Closed SubratPanigrahi closed 4 years ago
Hi, we have the same problem.
error: object sqldb is not a member of package com.microsoft.azure import com.microsoft.azure.sqldb.spark.connect._
When starting the cluster manually everything works - running the notebook manually as well as starting the job. When the cluster is started by the scheduler the error occurs in 90% of the cases.
Any ideas?
Does this error occur if you are using a data engineering cluster instead of an interactive cluster?
I have had this same problem with interactive clusters, and it occurs because Databricks installs libraries asynchronously to interactive clusters after cluster start. Therefore the cluster may run that import statement before azure-sqldb-spark has been installed.
So I think the solution is either to use data engineering clusters (if slow start time is acceptable) or create some logic to wait for cluster installs before running the imports. It is e.g. possible to poll cluster library installation status from Databricks API.
The cluster is the same, just once started manually, once by a scheduled job.

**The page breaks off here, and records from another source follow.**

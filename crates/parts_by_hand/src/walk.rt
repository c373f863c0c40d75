ghost use Rattle.std.specs.Prelude.{◌≤◌};

use crate::mails::carry;
use crate::member::Member;
use crate::parts::ASKING;
use crate::rows::Named;
use crate::stop::Stop;
use gr_history::{Ask, Image, QueryAsk};
use gr_post::{Mail, Posting};
use gr_value::Copied;
use std::alloc::Global;
use std::sync::Wait;

/// The members of a script, the mails that its steps made, with the members to which each goes, and the image
/// that was given.
#[derive(Drop)]
pub struct Walk {
    members: Vec<Member>,
    mails: Vec<Posting>,
    image: Option<Image>,
}

/// Walks the steps of a script. `waits` is the process itself once more: only `main` may hand that out.
pub fn walk_script<R: Wait + Sync>(
    rt: &HostRuntime,
    waits: &R,
    title: &str,
    members: u8,
    steps: &[Named],
) -> Result<(), Stop>
    requires founded { 2 ≤ members }
    requires few { members ≤ 8 }
{
    println!(rt; "{title}")?;
    let mut walk = Walk::new(rt.alloc(), members)?;
    for (name, step) in steps {
        walk.step(rt, name, *step)?;
    }
    for member in &walk.members {
        member.leave(rt)?;
    }
    carry(rt, waits, &walk.mails)
}

// Puts an item last, behind making room for it.
fn put_last<T: Drop>(all: &mut Vec<T>, item: T) -> Result<(), Stop> {
    anew!(all.reserve(1))?;
    all.push(item).map_err(|_| Stop::Otherwise)
}

impl Walk {
    fn new(alloc: Global, members: u8) -> Result<Walk, Stop>
        requires founded { 2 ≤ members }
        requires few { members ≤ 8 }
    {
        let mut all = Vec::new(alloc);
        for before in 0..members {
            put_last(&mut all, Member::new(alloc, before + 1, members)?)?;
        }
        Ok(Walk {
            members: all,
            mails: Vec::new(alloc),
            image: None,
        })
    }

    fn member(&mut self, member: u8) -> Result<&mut Member, Stop> {
        self.members
            .get_mut(usize::from(member).saturating_sub(1))
            .ok_or(Stop::Otherwise)
    }

    // A copy of the mail at a place.
    fn mail_at(&self, alloc: Global, place: usize) -> Result<Mail, Stop> {
        match self.mails.get(place) {
            None => Err(Stop::Otherwise),
            Some(posting) => Ok(anew!(posting.mail.copy(alloc))?),
        }
    }

    pub fn call(&mut self, rt: &HostRuntime, name: &str, at: u8, ask: Ask) -> Result<(), Stop> {
        let mail = self.member(at)?.call(rt, name, &ask)?;
        put_last(&mut self.mails, mail)
    }

    pub fn query(&mut self, rt: &HostRuntime, name: &str, ask: QueryAsk) -> Result<(), Stop> {
        self.member(ASKING)?.query(rt, name, &ask)
    }

    pub fn mail(&mut self, rt: &HostRuntime, name: &str, at: u8, place: usize) -> Result<(), Stop> {
        let mail = self.mail_at(rt.alloc(), place)?;
        self.member(at)?.take(rt, name, &mail)
    }

    pub fn report(&mut self, rt: &HostRuntime, name: &str, at: u8) -> Result<(), Stop> {
        let mail = self.member(at)?.report(rt, name)?;
        put_last(&mut self.mails, mail)
    }

    pub fn sweep(&mut self, rt: &HostRuntime, name: &str, at: u8, moment: u64) -> Result<(), Stop> {
        self.member(at)?.sweep(rt, name, moment)
    }

    pub fn give_own(&mut self, rt: &HostRuntime, name: &str, at: u8) -> Result<(), Stop> {
        let mail = self.member(at)?.give_own(rt, name)?;
        put_last(&mut self.mails, mail)
    }

    pub fn give_image(&mut self, rt: &HostRuntime, name: &str, at: u8) -> Result<(), Stop> {
        let image = self.member(at)?.give_image(rt, name)?;
        self.image = Some(image);
        Ok(())
    }

    pub fn merge(&mut self, rt: &HostRuntime, name: &str, at: u8) -> Result<(), Stop> {
        match anew!(self.image.copy(rt.alloc()))? {
            None => Err(Stop::Otherwise),
            Some(image) => self.member(at)?.merge(rt, name, &image),
        }
    }
}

@rworbis if you monitor your interactive clusters "Libraries" tab status indicators at the same time the scheduled job is starting, you will probably notice that the failure will occur before the installation of azure-sqldb-spark has been completed.
If that is the case, this is a Databricks issue.
The suggestion from @tkasu are probably the best hint the OP can get on this context-specific issue. Closing the issue as it is unlikely that anyone from the community can provide any more prescriptive advice.
Hi All,
Our scheduled job in azure Databricks fails intermittently with the below error message. But it doesn't fail when we run manually. We have attached an Interactive Cluster to the notebook. Not sure why it fails intermittently.
error: object sqldb is not a member of package com.microsoft.azure import com.microsoft.azure.sqldb.spark.bulkcopy.BulkCopyMetadata
Any suggestion would be appreciated!!